§ Exercise details: Once you have read the data below, write it all out exactly.

§ Records:
---+---

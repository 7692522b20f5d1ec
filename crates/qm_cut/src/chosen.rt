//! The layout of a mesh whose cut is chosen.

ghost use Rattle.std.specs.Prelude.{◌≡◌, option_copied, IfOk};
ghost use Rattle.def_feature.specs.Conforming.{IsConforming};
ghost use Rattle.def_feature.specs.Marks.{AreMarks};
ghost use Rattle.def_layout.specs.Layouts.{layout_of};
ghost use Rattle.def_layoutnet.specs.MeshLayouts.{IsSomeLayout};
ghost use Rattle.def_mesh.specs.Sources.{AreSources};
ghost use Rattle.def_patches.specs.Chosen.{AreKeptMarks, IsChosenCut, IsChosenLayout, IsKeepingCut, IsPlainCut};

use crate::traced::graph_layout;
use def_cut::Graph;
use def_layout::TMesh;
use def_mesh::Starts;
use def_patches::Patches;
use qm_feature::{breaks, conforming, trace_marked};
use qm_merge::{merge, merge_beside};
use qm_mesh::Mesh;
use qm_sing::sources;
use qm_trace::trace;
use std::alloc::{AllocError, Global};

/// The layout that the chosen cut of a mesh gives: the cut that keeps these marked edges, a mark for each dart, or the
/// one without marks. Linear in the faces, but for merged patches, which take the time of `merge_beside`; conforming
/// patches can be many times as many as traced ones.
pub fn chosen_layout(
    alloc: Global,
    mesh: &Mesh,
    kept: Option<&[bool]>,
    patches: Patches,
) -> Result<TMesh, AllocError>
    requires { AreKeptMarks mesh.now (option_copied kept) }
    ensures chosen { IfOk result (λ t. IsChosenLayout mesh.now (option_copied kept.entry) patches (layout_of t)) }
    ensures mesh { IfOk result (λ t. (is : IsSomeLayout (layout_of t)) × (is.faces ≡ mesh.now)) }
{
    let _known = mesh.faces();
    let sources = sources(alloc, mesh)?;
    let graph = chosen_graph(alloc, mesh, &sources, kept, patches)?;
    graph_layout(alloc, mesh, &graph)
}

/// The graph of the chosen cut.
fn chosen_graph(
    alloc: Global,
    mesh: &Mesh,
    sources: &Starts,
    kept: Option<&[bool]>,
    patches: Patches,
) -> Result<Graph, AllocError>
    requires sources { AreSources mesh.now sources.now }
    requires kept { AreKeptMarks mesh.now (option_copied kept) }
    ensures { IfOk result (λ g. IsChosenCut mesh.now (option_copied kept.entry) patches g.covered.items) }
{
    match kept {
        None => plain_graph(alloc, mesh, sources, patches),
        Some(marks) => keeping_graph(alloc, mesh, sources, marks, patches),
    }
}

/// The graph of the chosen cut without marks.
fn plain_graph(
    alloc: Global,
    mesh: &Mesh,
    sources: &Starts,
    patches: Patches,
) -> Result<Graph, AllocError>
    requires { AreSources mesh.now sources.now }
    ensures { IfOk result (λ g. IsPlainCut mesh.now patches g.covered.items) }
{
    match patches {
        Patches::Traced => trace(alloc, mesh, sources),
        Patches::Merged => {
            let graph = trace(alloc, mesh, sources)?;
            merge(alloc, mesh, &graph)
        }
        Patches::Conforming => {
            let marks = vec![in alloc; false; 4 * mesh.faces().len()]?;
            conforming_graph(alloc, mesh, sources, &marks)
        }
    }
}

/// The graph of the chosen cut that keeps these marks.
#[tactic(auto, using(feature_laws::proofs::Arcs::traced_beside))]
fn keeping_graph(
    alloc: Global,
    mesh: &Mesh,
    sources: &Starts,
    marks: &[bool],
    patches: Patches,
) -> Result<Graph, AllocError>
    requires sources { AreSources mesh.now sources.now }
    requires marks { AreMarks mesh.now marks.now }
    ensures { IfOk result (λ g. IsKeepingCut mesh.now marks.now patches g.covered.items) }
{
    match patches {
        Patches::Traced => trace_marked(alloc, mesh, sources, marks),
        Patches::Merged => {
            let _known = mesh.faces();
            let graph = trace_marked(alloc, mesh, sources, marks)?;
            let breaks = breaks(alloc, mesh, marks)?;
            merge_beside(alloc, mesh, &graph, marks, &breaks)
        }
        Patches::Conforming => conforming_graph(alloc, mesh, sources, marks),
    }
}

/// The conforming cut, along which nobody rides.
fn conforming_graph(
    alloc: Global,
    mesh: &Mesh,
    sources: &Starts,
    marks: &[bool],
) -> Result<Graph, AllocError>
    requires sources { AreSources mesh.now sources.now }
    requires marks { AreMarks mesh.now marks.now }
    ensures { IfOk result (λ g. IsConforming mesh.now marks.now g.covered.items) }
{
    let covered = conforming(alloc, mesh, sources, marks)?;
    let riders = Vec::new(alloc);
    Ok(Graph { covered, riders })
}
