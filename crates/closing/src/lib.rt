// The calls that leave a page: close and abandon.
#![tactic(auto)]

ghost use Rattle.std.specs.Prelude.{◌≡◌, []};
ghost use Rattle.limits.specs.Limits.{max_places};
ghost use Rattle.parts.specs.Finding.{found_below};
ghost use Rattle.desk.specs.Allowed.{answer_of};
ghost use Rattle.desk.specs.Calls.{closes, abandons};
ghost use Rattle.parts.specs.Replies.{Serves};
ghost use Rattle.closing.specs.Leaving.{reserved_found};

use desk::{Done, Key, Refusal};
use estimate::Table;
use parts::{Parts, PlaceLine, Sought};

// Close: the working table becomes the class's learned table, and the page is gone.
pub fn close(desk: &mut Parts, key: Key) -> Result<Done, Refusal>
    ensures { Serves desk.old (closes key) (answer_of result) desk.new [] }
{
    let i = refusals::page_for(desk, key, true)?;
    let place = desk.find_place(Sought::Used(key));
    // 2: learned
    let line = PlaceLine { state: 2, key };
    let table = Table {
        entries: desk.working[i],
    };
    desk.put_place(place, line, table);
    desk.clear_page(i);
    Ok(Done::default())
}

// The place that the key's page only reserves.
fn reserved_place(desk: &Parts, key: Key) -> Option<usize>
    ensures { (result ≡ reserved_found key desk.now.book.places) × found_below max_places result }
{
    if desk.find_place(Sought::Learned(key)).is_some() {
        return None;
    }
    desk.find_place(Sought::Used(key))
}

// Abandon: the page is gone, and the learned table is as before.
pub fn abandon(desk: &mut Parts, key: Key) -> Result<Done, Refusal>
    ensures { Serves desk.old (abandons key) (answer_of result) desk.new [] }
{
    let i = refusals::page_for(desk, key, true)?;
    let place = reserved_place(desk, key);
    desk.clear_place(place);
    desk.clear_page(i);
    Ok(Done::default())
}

---+---

§ Exercise response:
repository 7692522b20f5d1ec
filename crates/qm_cut/src/chosen.rt
//! The layout of a mesh whose cut is chosen.

ghost use Rattle.std.specs.Prelude.{◌≡◌, option_copied, IfOk};
ghost use Rattle.def_feature.specs.Conforming.{IsConforming};
ghost use Rattle.def_feature.specs.Marks.{AreMarks};
ghost use Rattle.def_layout.specs.Layouts.{layout_of};
ghost use Rattle.def_layoutnet.specs.MeshLayouts.{IsSomeLayout};
ghost use Rattle.def_mesh.specs.Sources.{AreSources};
ghost use Rattle.def_patches.specs.Chosen.{AreKeptMarks, IsChosenCut, IsChosenLayout, IsKeepingCut, IsPlainCut};

use crate::traced::graph_layout;
use def_cut::Graph;
use def_layout::TMesh;
use def_mesh::Starts;
use def_patches::Patches;
use qm_feature::{breaks, conforming, trace_marked};
use qm_merge::{merge, merge_beside};
use qm_mesh::Mesh;
use qm_sing::sources;
use qm_trace::trace;
use std::alloc::{AllocError, Global};

/// The layout that the chosen cut of a mesh gives: the cut that keeps these marked edges, a mark for each dart, or the
/// one without marks. Linear in the faces, but for merged patches, which take the time of `merge_beside`; conforming
/// patches can be many times as many as traced ones.
pub fn chosen_layout(
    alloc: Global,
    mesh: &Mesh,
    kept: Option<&[bool]>,
    patches: Patches,
) -> Result<TMesh, AllocError>
    requires { AreKeptMarks mesh.now (option_copied kept) }
    ensures chosen { IfOk result (λ t. IsChosenLayout mesh.now (option_copied kept.entry) patches (layout_of t)) }
    ensures mesh { IfOk result (λ t. (is : IsSomeLayout (layout_of t)) × (is.faces ≡ mesh.now)) }
{
    let _known = mesh.faces();
    let sources = sources(alloc, mesh)?;
    let graph = chosen_graph(alloc, mesh, &sources, kept, patches)?;
    graph_layout(alloc, mesh, &graph)
}

/// The graph of the chosen cut.
fn chosen_graph(
    alloc: Global,
    mesh: &Mesh,
    sources: &Starts,
    kept: Option<&[bool]>,
    patches: Patches,
) -> Result<Graph, AllocError>
    requires sources { AreSources mesh.now sources.now }
    requires kept { AreKeptMarks mesh.now (option_copied kept) }
    ensures { IfOk result (λ g. IsChosenCut mesh.now (option_copied kept.entry) patches g.covered.items) }
{
    match kept {
        None => plain_graph(alloc, mesh, sources, patches),
        Some(marks) => keeping_graph(alloc, mesh, sources, marks, patches),
    }
}

/// The graph of the chosen cut without marks.
fn plain_graph(
    alloc: Global,
    mesh: &Mesh,
    sources: &Starts,
    patches: Patches,
) -> Result<Graph, AllocError>
    requires { AreSources mesh.now sources.now }
    ensures { IfOk result (λ g. IsPlainCut mesh.now patches g.covered.items) }
{
    match patches {
        Patches::Traced => trace(alloc, mesh, sources),
        Patches::Merged => {
            let graph = trace(alloc, mesh, sources)?;
            merge(alloc, mesh, &graph)
        }
        Patches::Conforming => {
            let marks = vec![in alloc; false; 4 * mesh.faces().len()]?;
            conforming_graph(alloc, mesh, sources, &marks)
        }
    }
}

/// The graph of the chosen cut that keeps these marks.
#[tactic(auto, using(feature_laws::proofs::Arcs::traced_beside))]
fn keeping_graph(
    alloc: Global,
    mesh: &Mesh,
    sources: &Starts,
    marks: &[bool],
    patches: Patches,
) -> Result<Graph, AllocError>
    requires sources { AreSources mesh.now sources.now }
    requires marks { AreMarks mesh.now marks.now }
    ensures { IfOk result (λ g. IsKeepingCut mesh.now marks.now patches g.covered.items) }
{
    match patches {
        Patches::Traced => trace_marked(alloc, mesh, sources, marks),
        Patches::Merged => {
            let _known = mesh.faces();
            let graph = trace_marked(alloc, mesh, sources, marks)?;
            let breaks = breaks(alloc, mesh, marks)?;
            merge_beside(alloc, mesh, &graph, marks, &breaks)
        }
        Patches::Conforming => conforming_graph(alloc, mesh, sources, marks),
    }
}

/// The conforming cut, along which nobody rides.
fn conforming_graph(
    alloc: Global,
    mesh: &Mesh,
    sources: &Starts,
    marks: &[bool],
) -> Result<Graph, AllocError>
    requires sources { AreSources mesh.now sources.now }
    requires marks { AreMarks mesh.now marks.now }
    ensures { IfOk result (λ g. IsConforming mesh.now marks.now g.covered.items) }
{
    let covered = conforming(alloc, mesh, sources, marks)?;
    let riders = Vec::new(alloc);
    Ok(Graph { covered, riders })
}
filename crates/closing/src/lib.rt
// The calls that leave a page: close and abandon.
#![tactic(auto)]

ghost use Rattle.std.specs.Prelude.{◌≡◌, []};
ghost use Rattle.limits.specs.Limits.{max_places};
ghost use Rattle.parts.specs.Finding.{found_below};
ghost use Rattle.desk.specs.Allowed.{answer_of};
ghost use Rattle.desk.specs.Calls.{closes, abandons};
ghost use Rattle.parts.specs.Replies.{Serves};
ghost use Rattle.closing.specs.Leaving.{reserved_found};

use desk::{Done, Key, Refusal};
use estimate::Table;
use parts::{Parts, PlaceLine, Sought};

// Close: the working table becomes the class's learned table, and the page is gone.
pub fn close(desk: &mut Parts, key: Key) -> Result<Done, Refusal>
    ensures { Serves desk.old (closes key) (answer_of result) desk.new [] }
{
    let i = refusals::page_for(desk, key, true)?;
    let place = desk.find_place(Sought::Used(key));
    // 2: learned
    let line = PlaceLine { state: 2, key };
    let table = Table {
        entries: desk.working[i],
    };
    desk.put_place(place, line, table);
    desk.clear_page(i);
    Ok(Done::default())
}

// The place that the key's page only reserves.
fn reserved_place(desk: &Parts, key: Key) -> Option<usize>
    ensures { (result ≡ reserved_found key desk.now.book.places) × found_below max_places result }
{
    if desk.find_place(Sought::Learned(key)).is_some() {
        return None;
    }
    desk.find_place(Sought::Used(key))
}

// Abandon: the page is gone, and the learned table is as before.
pub fn abandon(desk: &mut Parts, key: Key) -> Result<Done, Refusal>
    ensures { Serves desk.old (abandons key) (answer_of result) desk.new [] }
{
    let i = refusals::page_for(desk, key, true)?;
    let place = reserved_place(desk, key);
    desk.clear_place(place);
    desk.clear_page(i);
    Ok(Done::default())
}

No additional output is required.